SUPPLIED MATERIAL section start

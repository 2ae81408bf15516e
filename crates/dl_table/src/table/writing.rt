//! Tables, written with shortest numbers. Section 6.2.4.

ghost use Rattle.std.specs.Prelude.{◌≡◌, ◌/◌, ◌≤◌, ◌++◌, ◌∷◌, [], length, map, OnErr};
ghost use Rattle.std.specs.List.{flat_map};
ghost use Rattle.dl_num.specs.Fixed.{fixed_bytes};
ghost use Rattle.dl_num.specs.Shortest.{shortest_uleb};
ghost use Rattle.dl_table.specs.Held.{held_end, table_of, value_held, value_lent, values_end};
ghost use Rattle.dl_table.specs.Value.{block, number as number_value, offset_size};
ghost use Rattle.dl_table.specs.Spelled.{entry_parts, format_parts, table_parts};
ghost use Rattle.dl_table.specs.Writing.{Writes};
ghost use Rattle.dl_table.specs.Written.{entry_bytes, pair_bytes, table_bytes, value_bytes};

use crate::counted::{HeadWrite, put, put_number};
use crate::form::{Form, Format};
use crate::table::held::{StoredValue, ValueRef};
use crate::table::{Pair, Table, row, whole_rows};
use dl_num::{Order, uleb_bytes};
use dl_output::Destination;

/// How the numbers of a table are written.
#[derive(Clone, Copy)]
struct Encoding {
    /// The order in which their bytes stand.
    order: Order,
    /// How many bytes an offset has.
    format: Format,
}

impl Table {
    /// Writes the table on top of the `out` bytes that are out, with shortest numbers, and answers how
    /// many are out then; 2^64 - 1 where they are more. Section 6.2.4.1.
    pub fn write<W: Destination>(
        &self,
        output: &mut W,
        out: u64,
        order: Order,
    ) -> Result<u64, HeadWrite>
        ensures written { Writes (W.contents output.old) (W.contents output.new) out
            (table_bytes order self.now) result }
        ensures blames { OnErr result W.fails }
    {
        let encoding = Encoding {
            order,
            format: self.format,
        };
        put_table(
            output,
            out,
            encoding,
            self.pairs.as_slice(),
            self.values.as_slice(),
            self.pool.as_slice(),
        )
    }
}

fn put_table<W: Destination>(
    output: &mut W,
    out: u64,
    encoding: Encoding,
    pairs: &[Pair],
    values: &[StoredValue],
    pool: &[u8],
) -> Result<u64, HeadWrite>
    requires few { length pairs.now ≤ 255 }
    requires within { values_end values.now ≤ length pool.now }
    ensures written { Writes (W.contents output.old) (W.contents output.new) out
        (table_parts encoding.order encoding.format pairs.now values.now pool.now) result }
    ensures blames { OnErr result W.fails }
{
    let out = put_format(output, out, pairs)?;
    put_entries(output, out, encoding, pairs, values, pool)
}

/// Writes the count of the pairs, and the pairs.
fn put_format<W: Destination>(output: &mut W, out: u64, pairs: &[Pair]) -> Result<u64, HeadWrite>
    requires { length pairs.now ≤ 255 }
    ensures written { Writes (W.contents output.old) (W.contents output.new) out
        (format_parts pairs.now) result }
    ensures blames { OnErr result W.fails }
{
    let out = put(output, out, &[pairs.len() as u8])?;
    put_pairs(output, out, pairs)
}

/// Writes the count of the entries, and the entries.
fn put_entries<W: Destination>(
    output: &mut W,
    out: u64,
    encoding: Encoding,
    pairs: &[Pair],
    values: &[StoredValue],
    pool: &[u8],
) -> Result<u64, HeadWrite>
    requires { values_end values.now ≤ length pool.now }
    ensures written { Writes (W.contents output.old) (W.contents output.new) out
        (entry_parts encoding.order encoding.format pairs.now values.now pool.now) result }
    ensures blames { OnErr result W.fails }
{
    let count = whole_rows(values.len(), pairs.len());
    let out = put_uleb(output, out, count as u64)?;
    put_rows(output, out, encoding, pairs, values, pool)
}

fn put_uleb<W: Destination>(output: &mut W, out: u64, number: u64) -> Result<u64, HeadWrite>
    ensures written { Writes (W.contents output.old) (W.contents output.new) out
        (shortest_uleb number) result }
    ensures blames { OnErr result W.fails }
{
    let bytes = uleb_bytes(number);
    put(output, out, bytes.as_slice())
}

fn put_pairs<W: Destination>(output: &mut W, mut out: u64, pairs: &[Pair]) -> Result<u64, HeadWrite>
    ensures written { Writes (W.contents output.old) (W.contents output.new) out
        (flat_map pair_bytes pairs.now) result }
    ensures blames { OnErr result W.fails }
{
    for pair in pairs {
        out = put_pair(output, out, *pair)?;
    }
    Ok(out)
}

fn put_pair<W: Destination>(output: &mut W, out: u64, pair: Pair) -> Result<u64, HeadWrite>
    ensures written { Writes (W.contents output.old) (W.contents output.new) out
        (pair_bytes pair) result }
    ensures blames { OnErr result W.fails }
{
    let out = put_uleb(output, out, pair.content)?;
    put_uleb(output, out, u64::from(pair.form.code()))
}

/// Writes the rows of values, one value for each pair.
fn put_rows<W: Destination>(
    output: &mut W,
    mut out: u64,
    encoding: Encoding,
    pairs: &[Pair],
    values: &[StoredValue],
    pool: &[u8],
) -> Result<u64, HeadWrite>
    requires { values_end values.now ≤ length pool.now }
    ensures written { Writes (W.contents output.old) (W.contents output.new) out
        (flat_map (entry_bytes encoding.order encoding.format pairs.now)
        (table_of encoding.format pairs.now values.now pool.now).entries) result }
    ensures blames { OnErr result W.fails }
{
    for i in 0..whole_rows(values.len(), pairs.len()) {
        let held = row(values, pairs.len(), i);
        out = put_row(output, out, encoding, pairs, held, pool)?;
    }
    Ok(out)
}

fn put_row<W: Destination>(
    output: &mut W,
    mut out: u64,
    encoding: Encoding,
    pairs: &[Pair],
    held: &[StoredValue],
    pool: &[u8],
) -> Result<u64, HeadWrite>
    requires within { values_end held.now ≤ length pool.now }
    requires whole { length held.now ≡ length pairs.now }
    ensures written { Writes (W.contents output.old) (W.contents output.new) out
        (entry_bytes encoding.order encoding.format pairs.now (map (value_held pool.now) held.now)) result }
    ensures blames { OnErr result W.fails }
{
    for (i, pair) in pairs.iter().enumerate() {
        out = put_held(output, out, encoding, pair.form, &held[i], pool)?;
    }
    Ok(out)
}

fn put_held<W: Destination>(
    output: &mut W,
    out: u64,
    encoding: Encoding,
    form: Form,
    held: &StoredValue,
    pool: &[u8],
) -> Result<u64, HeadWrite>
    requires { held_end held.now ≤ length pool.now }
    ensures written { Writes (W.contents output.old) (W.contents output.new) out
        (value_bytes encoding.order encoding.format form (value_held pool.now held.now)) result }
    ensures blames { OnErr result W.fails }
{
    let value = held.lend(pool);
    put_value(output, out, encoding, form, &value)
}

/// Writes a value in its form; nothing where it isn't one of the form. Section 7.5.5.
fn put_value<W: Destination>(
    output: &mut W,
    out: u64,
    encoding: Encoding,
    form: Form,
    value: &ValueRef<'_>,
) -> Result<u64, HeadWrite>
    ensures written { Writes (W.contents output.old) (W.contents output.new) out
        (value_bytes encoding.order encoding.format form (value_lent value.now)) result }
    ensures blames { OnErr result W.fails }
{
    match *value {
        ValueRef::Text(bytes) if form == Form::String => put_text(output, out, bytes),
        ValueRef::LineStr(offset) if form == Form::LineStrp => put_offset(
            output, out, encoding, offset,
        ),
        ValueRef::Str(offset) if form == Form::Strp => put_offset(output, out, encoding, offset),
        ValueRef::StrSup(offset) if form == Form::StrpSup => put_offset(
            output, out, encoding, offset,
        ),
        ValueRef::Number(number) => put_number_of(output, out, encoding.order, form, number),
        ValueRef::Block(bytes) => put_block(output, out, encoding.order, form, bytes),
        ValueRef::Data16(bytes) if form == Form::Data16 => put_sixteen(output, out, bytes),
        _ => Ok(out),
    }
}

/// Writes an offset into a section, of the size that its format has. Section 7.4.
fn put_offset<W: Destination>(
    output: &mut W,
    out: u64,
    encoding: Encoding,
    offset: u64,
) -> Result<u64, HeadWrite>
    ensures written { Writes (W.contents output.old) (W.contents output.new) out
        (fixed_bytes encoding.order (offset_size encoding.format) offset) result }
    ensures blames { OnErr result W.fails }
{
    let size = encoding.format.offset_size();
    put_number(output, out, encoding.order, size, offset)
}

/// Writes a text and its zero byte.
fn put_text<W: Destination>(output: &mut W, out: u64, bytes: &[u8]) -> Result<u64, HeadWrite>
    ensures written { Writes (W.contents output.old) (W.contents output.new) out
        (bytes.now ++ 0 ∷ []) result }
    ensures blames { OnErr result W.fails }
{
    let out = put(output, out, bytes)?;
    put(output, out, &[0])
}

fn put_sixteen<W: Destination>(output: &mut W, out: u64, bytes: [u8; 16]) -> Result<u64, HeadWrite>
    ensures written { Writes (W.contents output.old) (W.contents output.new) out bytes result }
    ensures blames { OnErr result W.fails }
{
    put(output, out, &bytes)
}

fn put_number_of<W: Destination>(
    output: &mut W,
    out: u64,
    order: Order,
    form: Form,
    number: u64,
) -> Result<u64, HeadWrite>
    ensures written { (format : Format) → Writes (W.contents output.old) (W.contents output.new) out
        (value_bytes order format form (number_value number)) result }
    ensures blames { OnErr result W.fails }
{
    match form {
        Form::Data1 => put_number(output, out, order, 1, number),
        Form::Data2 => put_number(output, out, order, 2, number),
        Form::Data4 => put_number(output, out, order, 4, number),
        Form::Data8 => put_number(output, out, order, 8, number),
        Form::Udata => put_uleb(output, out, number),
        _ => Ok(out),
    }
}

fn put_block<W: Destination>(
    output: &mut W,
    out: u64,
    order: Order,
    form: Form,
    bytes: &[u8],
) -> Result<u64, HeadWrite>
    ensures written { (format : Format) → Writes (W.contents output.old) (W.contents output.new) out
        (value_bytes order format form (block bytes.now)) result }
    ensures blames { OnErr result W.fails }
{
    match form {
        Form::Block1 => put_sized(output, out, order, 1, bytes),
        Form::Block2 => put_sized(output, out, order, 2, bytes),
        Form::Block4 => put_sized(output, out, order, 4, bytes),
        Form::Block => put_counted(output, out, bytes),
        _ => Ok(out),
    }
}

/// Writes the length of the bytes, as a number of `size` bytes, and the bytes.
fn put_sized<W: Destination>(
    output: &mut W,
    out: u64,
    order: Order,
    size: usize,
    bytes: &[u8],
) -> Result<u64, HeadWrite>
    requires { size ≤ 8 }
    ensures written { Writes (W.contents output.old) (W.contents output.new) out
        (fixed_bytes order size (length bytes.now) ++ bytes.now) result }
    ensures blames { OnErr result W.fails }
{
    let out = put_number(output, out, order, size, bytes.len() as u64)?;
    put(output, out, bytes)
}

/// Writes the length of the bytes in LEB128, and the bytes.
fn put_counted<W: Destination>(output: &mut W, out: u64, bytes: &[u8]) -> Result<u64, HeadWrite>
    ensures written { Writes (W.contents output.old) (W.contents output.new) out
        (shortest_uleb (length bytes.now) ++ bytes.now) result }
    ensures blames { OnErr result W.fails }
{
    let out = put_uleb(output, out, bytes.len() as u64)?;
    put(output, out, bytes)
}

SUPPLIED MATERIAL section end

--- EXERCISE ---
Return each line of the material in which the string "many" can be found.

--- OUTPUT FOR THIS EXERCISE ---
    /// How many bytes an offset has.
    /// many are out then; 2^64 - 1 where they are more. Section 6.2.4.1.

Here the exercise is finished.